//! What tells of keys before they are played.

ghost use Rattle.std.specs.Prelude.{◌≡◌, false, true};

use ps_devices::ByteWriter;

/// What tells of keys before they are played.
pub trait Tracer {
    /// Tells of the next byte of keys, by lines that it writes. Answers whether it can go on: it can't after the writer
    /// has failed, nor where a growth was refused.
    fn tell<W: ByteWriter>(&mut self, byte: u8, lines: &mut W) -> bool
        requires well { (W.state lines.old).has_failed ≡ false }
        ensures well { result ≡ true → (W.state lines.new).has_failed ≡ false };
}
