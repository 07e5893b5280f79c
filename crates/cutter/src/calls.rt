// The calls on a state: each checks it once, and refuses it or plays.
ghost use Rattle.std.specs.Prelude.{◌≡◌, ◌≤◌, Err};
ghost use Rattle.cutter.specs.Calls.{zeros, refused, answered, made, round_call, level_call, direction_call, step_call, sweeps_call, enemies_call, respawn_call, report_call};
ghost use Rattle.cutter_ground.specs.Cells.{RING};
ghost use Rattle.cutter_state.specs.State.{share_of};

use controls::LEFT;
use cutter_check::check;
use cutter_ground::{
    CB_FILLED, CB_TRAIL, CN, INNER, MAX_ENEMIES, Mover, RING, black_count, count_of,
};
use cutter_level::{creatures_of, draws_ok};
use cutter_rules::Made;
use cutter_state::{Cutter, MAX_LIVES};
use refusal::{Checked, Refusal};

// The state afterwards, and how many cells were taken by the search of a closing and by the walk to the border.
#[derive(Clone, Copy)]
pub struct CutterAnswer {
    pub refusal: Checked,
    pub game: Cutter,
    pub searched: u16,
    pub walked: u16,
}

// How much of the ground is black, claimed and line, and the percentage of it that is no longer black.
#[derive(Clone, Copy)]
pub struct Ground {
    pub refusal: Checked,
    pub black: u16,
    pub claimed: u16,
    pub line: u16,
    pub share: u16,
}

impl CutterAnswer {
    // A refused call gives the state that it got.
    fn refused(c: Cutter, no: Refusal) -> CutterAnswer
        ensures { result ≡ refused c (Err no) }
    {
        CutterAnswer {
            refusal: Err(no),
            game: c,
            searched: 0,
            walked: 0,
        }
    }

    fn made(m: Made) -> CutterAnswer
        ensures { result ≡ made m }
    {
        CutterAnswer {
            refusal: Ok(()),
            game: m.game,
            searched: m.searched,
            walked: m.walked,
        }
    }

    fn answered(game: Cutter) -> CutterAnswer
        ensures { result ≡ answered game }
    {
        CutterAnswer {
            refusal: Ok(()),
            game,
            searched: 0,
            walked: 0,
        }
    }
}

// A round starts at this level.
const FIRST_LEVEL: u32 = 1;

fn no_state() -> Cutter
    ensures { result ≡ zeros }
{
    let nobody = Mover {
        x: 0,
        y: 0,
        vx: 0,
        vy: 0,
    };
    Cutter {
        grid: [0; CN],
        px: 0,
        py: 0,
        dx: 0,
        dy: 0,
        trailing: false,
        enemies: [nobody; MAX_ENEMIES],
        count: 0,
        level: 0,
        lives: 0,
        dead: false,
        won_level: false,
    }
}

// A new round: level 1, 3 lives, 4 draws.
#[tactic(auto, unfolding(crate::specs::Calls::round_call))]
pub fn new_round(draws: &[u8]) -> CutterAnswer
    ensures { result ≡ round_call draws.now }
{
    let mut c = no_state();
    if draws_ok(draws, creatures_of(FIRST_LEVEL)) {
        c.level = FIRST_LEVEL;
        c.lives = MAX_LIVES;
        return CutterAnswer::answered(cutter_level::new_level(c, draws));
    }
    CutterAnswer::refused(c, Refusal::Draws)
}

// A fresh level for the state's own level.
#[tactic(auto, unfolding(crate::specs::Calls::level_call))]
pub fn new_level(c: Cutter, draws: &[u8]) -> CutterAnswer
    ensures { result ≡ level_call c draws.now }
{
    if let Err(no) = check(c) {
        return CutterAnswer::refused(c, no);
    }
    if draws_ok(draws, creatures_of(c.level)) {
        return CutterAnswer::answered(cutter_level::new_level(c, draws));
    }
    CutterAnswer::refused(c, Refusal::Draws)
}

// The direction: 0 up, 1 right, 2 down, 3 left.
#[tactic(auto, unfolding(crate::specs::Calls::direction_call))]
pub fn direction(c: Cutter, dir: u8) -> CutterAnswer
    ensures { result ≡ direction_call c dir }
{
    if let Err(no) = check(c) {
        return CutterAnswer::refused(c, no);
    }
    if LEFT < dir {
        return CutterAnswer::refused(c, Refusal::Command);
    }
    CutterAnswer::answered(cutter_moves::direction(c, dir))
}

// One step in the direction.
#[tactic(auto, unfolding(crate::specs::Calls::step_call))]
pub fn step_player(c: Cutter) -> CutterAnswer
    ensures { result ≡ step_call c }
{
    if let Err(no) = check(c) {
        return CutterAnswer::refused(c, no);
    }
    CutterAnswer::made(cutter_moves::step_player(c))
}

// One step in the direction; a cut is closed by sweeps.
#[tactic(auto, unfolding(crate::specs::Calls::sweeps_call))]
pub fn step_by_sweeps(c: Cutter) -> CutterAnswer
    ensures { result ≡ sweeps_call c }
{
    if let Err(no) = check(c) {
        return CutterAnswer::refused(c, no);
    }
    CutterAnswer::made(cutter_moves::step_by_sweeps(c))
}

// One creature tick.
#[tactic(auto, unfolding(crate::specs::Calls::enemies_call))]
pub fn step_enemies(c: Cutter) -> CutterAnswer
    ensures { result ≡ enemies_call c }
{
    if let Err(no) = check(c) {
        return CutterAnswer::refused(c, no);
    }
    CutterAnswer::answered(cutter_moves::step_enemies(c))
}

// The line is black again, and the player back at the start.
#[tactic(auto, unfolding(crate::specs::Calls::respawn_call))]
pub fn respawn(c: Cutter) -> CutterAnswer
    ensures { result ≡ respawn_call c }
{
    if let Err(no) = check(c) {
        return CutterAnswer::refused(c, no);
    }
    CutterAnswer::made(cutter_moves::respawn(c))
}

fn share_of(claimed: u16) -> u16
    requires { RING ≤ claimed }
    ensures { result ≡ share_of claimed }
{
    ((claimed as usize - RING) * 100 / INNER) as u16
}

// The ground report.
#[tactic(auto, unfolding(crate::specs::Calls::report_call))]
pub fn ground_report(c: Cutter) -> Ground
    ensures { result ≡ report_call c }
{
    if let Err(no) = check(c) {
        return Ground {
            refusal: Err(no),
            black: 0,
            claimed: 0,
            line: 0,
            share: 0,
        };
    }
    let claimed = count_of(&c.grid, CB_FILLED);
    Ground {
        refusal: Ok(()),
        black: black_count(&c.grid),
        claimed,
        line: count_of(&c.grid, CB_TRAIL),
        share: share_of(claimed),
    }
}
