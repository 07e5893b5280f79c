// The host's question: who is at a cell, and how many.
ghost use Rattle.std.specs.Prelude.{◌≡◌, take};
ghost use Rattle.cutter.specs.Question.{who_at};

use cutter_ground::{MAX_ENEMIES, Mover};
use found::Found;

// The first of a lent list at (x, y) and how many are there, or nobody.
pub fn who(list: &[Mover], x: usize, y: usize) -> Option<Found>
    ensures { result ≡ who_at list.now x y }
{
    found::who(list, x, y)
}

// The same of the first n of an array, of all where n is more.
pub fn who_of(enemies: [Mover; MAX_ENEMIES], n: usize, x: usize, y: usize) -> Option<Found>
    ensures { result ≡ who_at (take n enemies) x y }
{
    who(&enemies[..n.min(MAX_ENEMIES)], x, y)
}
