// One turn of the game's loop. The pacing record is lent to a pass, which updates it.
ghost use Rattle.std.specs.Prelude.{◌≡◌};
ghost use Rattle.cutter_pass.specs.Pass.{pass_at};
ghost use Rattle.cutter.specs.Turn.{pass_of};

use cutter_pass::{CutterPassed, CutterTurn};
use cutter_state::Cutter;
use cutter_turn::pass_at;
use pace::Pace;

// A pass with the record lent.
pub fn pass(c: Cutter, keys: &[u8], draws: &[u8], time: u32, pace: &mut Pace) -> CutterPassed
    ensures { (result, pace.new) ≡ pass_of c keys.now draws.now time pace.old }
{
    let t = pass_at(c, keys, draws, time, pace.first, pace.second);
    pace.first = t.first;
    pace.second = t.second;
    t.passed
}

// The same with the marks as numbers: makes the record, lends it, and takes it apart.
pub fn pass_marks(
    c: Cutter,
    keys: &[u8],
    draws: &[u8],
    time: u32,
    first: u32,
    second: u32,
) -> CutterTurn
    ensures { result ≡ pass_at c keys.now draws.now time first second }
{
    let mut pace = Pace { first, second };
    let passed = pass(c, keys, draws, time, &mut pace);
    CutterTurn {
        first: pace.first,
        second: pace.second,
        passed,
    }
}
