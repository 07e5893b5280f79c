// The picture of a state.
ghost use Rattle.std.specs.Prelude.{◌≡◌};
ghost use Rattle.cutter.specs.Picture.{picture_of};

use cutter_check::check;
use cutter_render::cutter_render;
use cutter_state::Cutter;
use frame::FRAME_LEN;
use refusal::{Checked, Refusal};

// Draws the state into a lent frame; a refused call leaves every byte of it.
#[tactic(auto, unfolding(crate::specs::Picture::picture_of))]
pub fn render(c: Cutter, frame: &mut [u8]) -> Checked
    ensures { (result, frame.new) ≡ picture_of c frame.old }
{
    check(c)?;
    if frame.len() != FRAME_LEN {
        return Err(Refusal::Frame);
    }
    cutter_render(c, frame);
    Ok(())
}
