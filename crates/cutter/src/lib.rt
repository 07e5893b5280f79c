// Block Cutter: the public calls.
#![tactic(auto)]

mod calls;
mod picture;
mod question;
mod turn;

pub use calls::{
    CutterAnswer, Ground, direction, ground_report, new_level, new_round, respawn, step_by_sweeps,
    step_enemies, step_player,
};
pub use picture::render;
pub use question::{who, who_of};
pub use turn::{pass, pass_marks};
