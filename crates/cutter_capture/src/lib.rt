// Closing a cut: the line becomes claimed, then every counted region but one is captured.
#![tactic(auto)]

ghost use Rattle.std.specs.Prelude.{◌≡◌, ◌-◌, ◌≤◌, length, take};
ghost use mathlib.Core.List.{map, zip_with};
ghost use Rattle.cutter_ground.specs.Cells.{CN};
ghost use Rattle.cutter_ground.specs.CodeVisit.{SEEN};
ghost use Rattle.cutter_joined.proofs.Labels.{labels};
ghost use Rattle.cutter_closing.specs.Closing.{claim_line};
ghost use Rattle.cutter_capture.specs.CodeSteps.{recoded, KEPT, Placed, having, leader, Ordered, keep_of, shut, Retained, Divided, Closes, ClosedBy, CutClosed};
ghost use Rattle.cutter_capture.specs.CodeChoosing.{Numbered, Choosable, Chosen, Markable, Marked};

use cutter_ground::{BLANK, CB_BLACK, CB_FILLED, CB_TRAIL, CN, MAX_ENEMIES, Mover, SEEN};

// Most regions one cut counts; extra ones stay black.
pub const MAX_COMP: usize = 48;

// What marks a cell of the region to keep.
const KEPT: u8 = 2;

// A part of the queue.
#[derive(Clone, Copy)]
struct Part {
    from: usize,
    to: usize,
}

// The best region so far: its part of the queue, and its creatures.
#[derive(Clone, Copy)]
struct Lead {
    part: Part,
    crowd: u16,
}

// The region to keep, as a part of the queue, and how many cells were taken from the queue.
#[derive(Clone, Copy)]
struct Choice {
    part: Part,
    taken: usize,
}

// The creatures that remain, with zeros behind them.
#[derive(Clone, Copy)]
struct Herd {
    enemies: [Mover; MAX_ENEMIES],
    count: usize,
}

// The same, and how many cells the search took.
#[derive(Clone, Copy)]
pub struct Closed {
    pub enemies: [Mover; MAX_ENEMIES],
    pub count: usize,
    pub searched: u16,
}

// Each cell of the line becomes `to`.
pub fn recode_line(grid: &mut [u8; CN], to: u8)
    requires { length grid.old ≡ CN }
    ensures { grid.new ≡ map (recoded to) grid.old }
{
    for cell in grid.iter_mut() {
        *cell = if *cell == CB_TRAIL { to } else { *cell };
    }
}

// The line becomes claimed.
pub fn claim_line(grid: &mut [u8; CN])
    requires { length grid.old ≡ CN }
    ensures { grid.new ≡ claim_line grid.old }
{
    recode_line(grid, CB_FILLED);
}

// How many creatures stand on marked cells.
fn standing(seen: &[u8; CN], enemies: &[Mover]) -> u16
    requires { (length seen.now ≡ CN) × Placed enemies.now }
    ensures { result ≡ having seen.now enemies.now SEEN }
{
    enemies
        .iter()
        .filter(|e| seen[cutter_ground::cell_of(**e)] == SEEN)
        .count() as u16
}

impl Part {
    fn len(self) -> usize
        requires { self.from ≤ self.to }
        ensures { result ≡ self.to - self.from }
    {
        self.to - self.from
    }

    // The mark of the cells whose creatures remain: where there is no region, it is none.
    fn mark(self) -> u8
        ensures { result ≡ keep_of self.from self.to }
    {
        if self.from < self.to { KEPT } else { 0 }
    }
}

impl Lead {
    // The better of this and one region more: the other where it has more creatures, or as many and more cells.
    fn or(self, part: Part, crowd: u16) -> Lead
        requires { Ordered self part }
        ensures { result ≡ leader self part crowd }
    {
        if (self.crowd, self.part.len()) < (crowd, part.len()) {
            Lead { part, crowd }
        } else {
            self
        }
    }
}

// Finds the regions in the order of their earliest cells, at most limit of them, and chooses the one to keep: most creatures, then most cells,
// then the earliest.
fn choose(
    grid: &[u8; CN],
    nums: &[u16],
    seen: &mut [u8; CN],
    queue: &mut [u16; CN],
    enemies: &[Mover],
    limit: u16,
) -> Choice
    requires { Choosable grid.now nums.now seen.old queue.old enemies.now limit }
    ensures { Chosen limit grid.now enemies.now seen.new queue.new result.part.from result.part.to result.taken }
{
    let mut lead = Lead {
        part: Part { from: 0, to: 0 },
        crowd: 0,
    };
    let mut done: u16 = 0;
    let mut tail: usize = 0;
    let mut stood: u16 = 0;
    for start in 0..CN {
        if grid[start] == CB_BLACK && seen[start] == 0 {
            if done == limit {
                break;
            }
            let end = cutter_regions::find(grid, nums, seen, queue, tail, start);
            let stand = standing(seen, enemies);
            lead = lead.or(
                Part {
                    from: tail,
                    to: end,
                },
                stand - stood,
            );
            tail = end;
            stood = stand;
            done += 1;
        }
    }
    Choice {
        part: lead.part,
        taken: tail,
    }
}

// Marks the cells of the region to keep.
fn mark(seen: &mut [u8; CN], queue: &[u16; CN], part: Part)
    requires { Markable seen.old queue.now part.from part.to }
    ensures { Marked seen.old queue.now part.from part.to seen.new }
{
    for at in &queue[part.from..part.to] {
        seen[*at as usize] = KEPT;
    }
}

fn captured(cell: u8, mark: u8) -> u8
    ensures { result ≡ shut cell mark }
{
    if mark == SEEN { CB_FILLED } else { cell }
}

// Claims every cell of a region that is not kept.
fn claim_rest(grid: &mut [u8; CN], seen: &[u8; CN])
    requires { (length grid.old ≡ CN) × (length seen.now ≡ CN) }
    ensures { grid.new ≡ zip_with shut grid.old seen.now }
{
    for (at, mark) in seen.iter().enumerate() {
        grid[at] = captured(grid[at], *mark);
    }
}

// The creatures whose cell has the mark keep, in order; zeros behind them.
fn retain(seen: &[u8; CN], enemies: &[Mover], keep: u8) -> Herd
    requires { (length seen.now ≡ CN) × Placed enemies.now }
    ensures { Retained seen.now keep enemies.now result }
{
    let mut kept = [BLANK; MAX_ENEMIES];
    let mut count: usize = 0;
    for e in enemies {
        if seen[cutter_ground::cell_of(*e)] == keep {
            kept[count] = *e;
            count += 1;
        }
    }
    Herd {
        enemies: kept,
        count,
    }
}

// Closes the regions of a ground without a line, found by their numbers where nums has any.
fn close_regions(grid: &mut [u8; CN], nums: &[u16], enemies: &[Mover], limit: u16) -> Closed
    requires { Divided grid.old enemies.now limit × Numbered grid.old nums.now }
    ensures { ClosedBy (labels grid.old).0 limit grid.old enemies.now grid.new result }
{
    let mut seen = [0u8; CN];
    let mut queue = [0u16; CN];
    let best = choose(grid, nums, &mut seen, &mut queue, enemies, limit);
    mark(&mut seen, &queue, best.part);
    claim_rest(grid, &seen);
    let Herd { enemies, count } = retain(&seen, enemies, best.part.mark());
    Closed {
        enemies,
        count,
        searched: best.taken as u16,
    }
}

// Closes a finished trail on the lent ground; the creatures that remain, and the cost.
pub fn close_cut(
    grid: &mut [u8; CN],
    enemies: [Mover; MAX_ENEMIES],
    count: usize,
    limit: u16,
) -> Closed
    requires { Closes grid.old enemies count limit }
    ensures { CutClosed limit grid.old (take count enemies) grid.new result }
{
    claim_line(grid);
    close_regions(grid, &[], &enemies[..count], limit)
}

// The same by sweeps. A call of its own, so that only a closing by sweeps reserves the numbers.
#[inline(never)]
pub fn close_by_sweeps(
    grid: &mut [u8; CN],
    enemies: [Mover; MAX_ENEMIES],
    count: usize,
    limit: u16,
) -> Closed
    requires { Closes grid.old enemies count limit }
    ensures { CutClosed limit grid.old (take count enemies) grid.new result }
{
    claim_line(grid);
    let mut nums = [0u16; CN];
    cutter_sweeps::settle(grid, &mut nums);
    close_regions(grid, &nums, &enemies[..count], limit)
}
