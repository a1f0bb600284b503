// The job dequantize (02, request 2): 64 quantized values become coefficients again.
//
// It takes any numbers and any buffers. An accepted call leaves 64 products; a refused one leaves the buffer as it was, and names the first cause. Each
// product is made once, in 64 bits, before it is known whether any is beyond its limit.
#![tactic(auto)]

ghost use Rattle.std.specs.Prelude.{◌≡◌, ◌∷◌};
ghost use Rattle.integers.specs.Kit.{[], length};
ghost use Rattle.integers.specs.Range.{beyond_at};
ghost use Rattle.integers.specs.Search.{found};
ghost use Rattle.limits.specs.Limits.{dequantized_limit, places};
ghost use Rattle.answers.specs.Answer.{accept, answered, lowest, returned};
ghost use Rattle.answers.specs.Job.{job_left, job_returned};
ghost use Rattle.dequantize.specs.Narrow.{Narrow};
ghost use Rattle.quantize.specs.Preconditions.{StepsReady};
ghost use Rattle.dequantize.specs.Dequantize as spec;

use answers::Refusal;
use integers::first;
use limits::PLACES;
use quantize::check_steps;
use quantizer::{dequantized, dequantized_beyond, indices};

// The lowest place whose product is beyond the limit, if there is one.
fn first_beyond(products: &[i64]) -> Option<usize>
    ensures { result ≡ found (length products.now) (beyond_at dequantized_limit products.now) }
{
    first(products, |z| dequantized_beyond(z))
}

// The dequantized coefficients of 64 quantized values, in 64 bits, or the first of them that is beyond the limit. The loop has no early exit: it costs no
// branch.
// Kept: each product is asked where it is made, and `first` looks again only where one is beyond: a look at all products by itself is a second pass over them.
fn multiply(values: &[i32], steps: &[u32], products: &mut [i64; PLACES]) -> Result<(), Refusal>
    requires { StepsReady (length values.now) steps.now places }
    ensures returned_value { returned result ≡ answered (lowest places (spec.dequantized_beyond_at values.now steps.now) 11 ∷ []) accept }
    ensures products_after { products.new ≡ spec.dequantized_coefficients values.now steps.now }
{
    let order = indices();
    let mut beyond = false;
    for p in 0..PLACES {
        let z = dequantized(values[p], steps[order[p] as usize]);
        products[p] = z;
        beyond = beyond | dequantized_beyond(z);
    }
    if !beyond {
        return Ok(());
    }
    match first_beyond(products) {
        Some(at) => Err(Refusal::Coefficient(at)),
        None => Ok(()),
    }
}

// Copies 64 products within the limit into 32-bit numbers.
fn narrow(products: &[i64; PLACES], coefficients: &mut [i32])
    requires narrow { Narrow products.now }
    requires coefficients_len { length coefficients.old ≡ places }
    ensures { coefficients.new ≡ products.now }
{
    for p in 0..PLACES {
        coefficients[p] = products[p] as i32;
    }
}

// The coefficients that 64 quantized values stand for, or why these are refused; then `coefficients` is as it was.
pub fn dequantize(values: &[i32], steps: &[u32], coefficients: &mut [i32]) -> Result<(), Refusal>
    ensures result_value { returned result ≡ job_returned (spec.dequantize_job values.now steps.now coefficients.old) }
    ensures coefficients_after { coefficients.new ≡ job_left (spec.dequantize_job values.now steps.now coefficients.old) }
    ensures values_kept { values.exit.now ≡ values.entry.now }
    ensures steps_kept { steps.exit.now ≡ steps.entry.now }
{
    check_steps(values.len(), steps, coefficients.len())?;
    let mut products = [0i64; PLACES];
    multiply(values, steps, &mut products)?;
    narrow(&products, coefficients);
    Ok(())
}
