// Document 01's starred cases, computed of the definitions; there is no code here.
#![tactic(auto)]
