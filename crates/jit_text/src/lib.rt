//! The texts of the program: why something was refused, listings of code, and the module of many calls.
#![tactic(auto)]

mod calling;
mod counts;
mod page;
mod parts;
mod reading;
mod texts;
mod verifying;

pub use calling::{no_image_text, uncalled_text};
pub use counts::counts_line;
pub use parts::parts_text;
pub use reading::unread_text;
pub use texts::generate;
pub use verifying::unverified_text;
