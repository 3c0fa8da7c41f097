ghost use Rattle.std.specs.Prelude.{◌≡◌, ◌++◌, length, slice_get, IfOk, OnOk};
ghost use Rattle.std.specs.Option.{option_copied};
ghost use Rattle.rv_print.specs.Listing.{listing_of};
ghost use Rattle.jit_text.specs.Parts.{name_in, heading, part, parts};

use ir_core::program::Function;
use ir_print_names::{Page, name};
use rj_num::NoMemory;
use rv_play::version::Version;
use rv_print::listing::listing;
use sqlite_items::at;
use std::alloc::Global;

fn push_name(page: &mut Page, function: Option<&Function>) -> Result<(), NoMemory>
    ensures { OnOk result (page.new ≡ page.old ++ name_in (option_copied function.entry)) }
{
    match function {
        Some(function) => name(page, function.name.as_slice()),
        None => Ok(()),
    }
}

/// Adds the heading of a version of a function: its level, and how many words it has.
fn push_heading(
    page: &mut Page,
    function: Option<&Function>,
    level: u8,
    words: usize,
) -> Result<(), NoMemory>
    ensures { OnOk result (page.new ≡ page.old ++ heading (option_copied function.entry) level words) }
{
    page.write(b"@")?;
    push_name(page, function)?;
    page.write(b" level ")?;
    page.number(u128::from(level))?;
    page.write(b" words ")?;
    page.number(words as u128)?;
    page.write(b"\n")
}

/// Adds a line for each word.
fn push_lines(alloc: Global, page: &mut Page, words: &[u32]) -> Result<(), NoMemory>
    ensures { OnOk result (page.new ≡ page.old ++ listing_of words.now) }
{
    let lines = listing(alloc, words)?;
    page.write(&lines)
}

/// Adds the part of a version of one of these functions.
fn push_part(
    alloc: Global,
    page: &mut Page,
    functions: &[Function],
    version: &Version,
) -> Result<(), NoMemory>
    ensures { OnOk result (page.new ≡ page.old ++ part (slice_get functions.now version.now.symbol) version.now) }
{
    let words = version.words.as_slice();
    let function = at(functions, version.symbol as usize);
    push_heading(page, function, version.level, words.len())?;
    push_lines(alloc, page, words)
}

/// The parts of versions of these functions, in order: the line `@NAME level L words W` and the listing. A version of no function has
/// an empty name.
pub fn parts_text(
    alloc: Global,
    functions: &[Function],
    versions: &[Version],
) -> Result<Vec<u8>, NoMemory>
    ensures { IfOk result (λ text. text.items ≡ parts functions.now versions.now) }
{
    let mut page = Page::new(alloc);
    for version in versions {
        push_part(alloc, &mut page, functions, version)?;
    }
    Ok(page.into_bytes())
}
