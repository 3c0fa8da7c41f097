// Parts of the texts.
ghost use Rattle.std.specs.Prelude.{◌≡◌, ◌++◌, OnOk, slice_get, codes};
ghost use Rattle.jit_text.specs.RefusalTexts.{what_text, limit_text, name_in, symbol_text, walk_text};

use ir_core::program::{Function, What};
use ir_print_names::{Page, name};
use rj_num::NoMemory;
use sqlite_items::at;

fn push_what(page: &mut Page, what: What) -> Result<(), NoMemory>
    ensures { OnOk result (page.new ≡ page.old ++ what_text what) }
{
    match what {
        What::Bytes => page.write(b"bytes"),
        What::Functions => page.write(b"functions"),
        What::Globals => page.write(b"globals"),
        What::Parameters => page.write(b"parameters"),
        What::Units => page.write(b"units"),
        What::Nodes => page.write(b"nodes"),
        What::Size => page.write(b"size"),
    }
}

/// Adds which limit is passed, and what was counted.
pub fn push_limit(page: &mut Page, what: What, count: u64) -> Result<(), NoMemory>
    ensures { OnOk result (page.new ≡ page.old ++ limit_text what count) }
{
    page.write(b"limit ")?;
    push_what(page, what)?;
    page.write(b" ")?;
    page.number(u128::from(count))
}

fn push_name(page: &mut Page, functions: &[Function], symbol: u32) -> Result<(), NoMemory>
    ensures { OnOk result (page.new ≡ page.old ++ name_in (slice_get functions.now symbol)) }
{
    match at(functions, symbol as usize) {
        Some(function) => name(page, function.name.as_slice()),
        None => Ok(()),
    }
}

/// Adds the name of a function.
pub fn push_symbol(page: &mut Page, functions: &[Function], symbol: u32) -> Result<(), NoMemory>
    ensures { OnOk result (page.new ≡ page.old ++ symbol_text functions.now symbol) }
{
    page.write(b"@")?;
    push_name(page, functions, symbol)
}

/// Adds the blocks of a walk.
pub fn push_walk(page: &mut Page, walk: &[u32]) -> Result<(), NoMemory>
    ensures { OnOk result (page.new ≡ page.old ++ walk_text walk.now) }
{
    for block in walk {
        page.write(b" ")?;
        page.number(u128::from(*block))?;
    }
    Ok(())
}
--
How to complete this task
For this exercise, output exactly the lines above from the line with "of the texts." to the line with "blocks of a walk.", counting both, and leave out the rest.

Task result
// Parts of the texts.
ghost use Rattle.std.specs.Prelude.{◌≡◌, ◌++◌, OnOk, slice_get, codes};
ghost use Rattle.jit_text.specs.RefusalTexts.{what_text, limit_text, name_in, symbol_text, walk_text};

use ir_core::program::{Function, What};
use ir_print_names::{Page, name};
use rj_num::NoMemory;
use sqlite_items::at;

fn push_what(page: &mut Page, what: What) -> Result<(), NoMemory>
    ensures { OnOk result (page.new ≡ page.old ++ what_text what) }
{
    match what {
        What::Bytes => page.write(b"bytes"),
        What::Functions => page.write(b"functions"),
        What::Globals => page.write(b"globals"),
        What::Parameters => page.write(b"parameters"),
        What::Units => page.write(b"units"),
        What::Nodes => page.write(b"nodes"),
        What::Size => page.write(b"size"),
    }
}

/// Adds which limit is passed, and what was counted.
pub fn push_limit(page: &mut Page, what: What, count: u64) -> Result<(), NoMemory>
    ensures { OnOk result (page.new ≡ page.old ++ limit_text what count) }
{
    page.write(b"limit ")?;
    push_what(page, what)?;
    page.write(b" ")?;
    page.number(u128::from(count))
}

fn push_name(page: &mut Page, functions: &[Function], symbol: u32) -> Result<(), NoMemory>
    ensures { OnOk result (page.new ≡ page.old ++ name_in (slice_get functions.now symbol)) }
{
    match at(functions, symbol as usize) {
        Some(function) => name(page, function.name.as_slice()),
        None => Ok(()),
    }
}

/// Adds the name of a function.
pub fn push_symbol(page: &mut Page, functions: &[Function], symbol: u32) -> Result<(), NoMemory>
    ensures { OnOk result (page.new ≡ page.old ++ symbol_text functions.now symbol) }
{
    page.write(b"@")?;
    push_name(page, functions, symbol)
}

/// Adds the blocks of a walk.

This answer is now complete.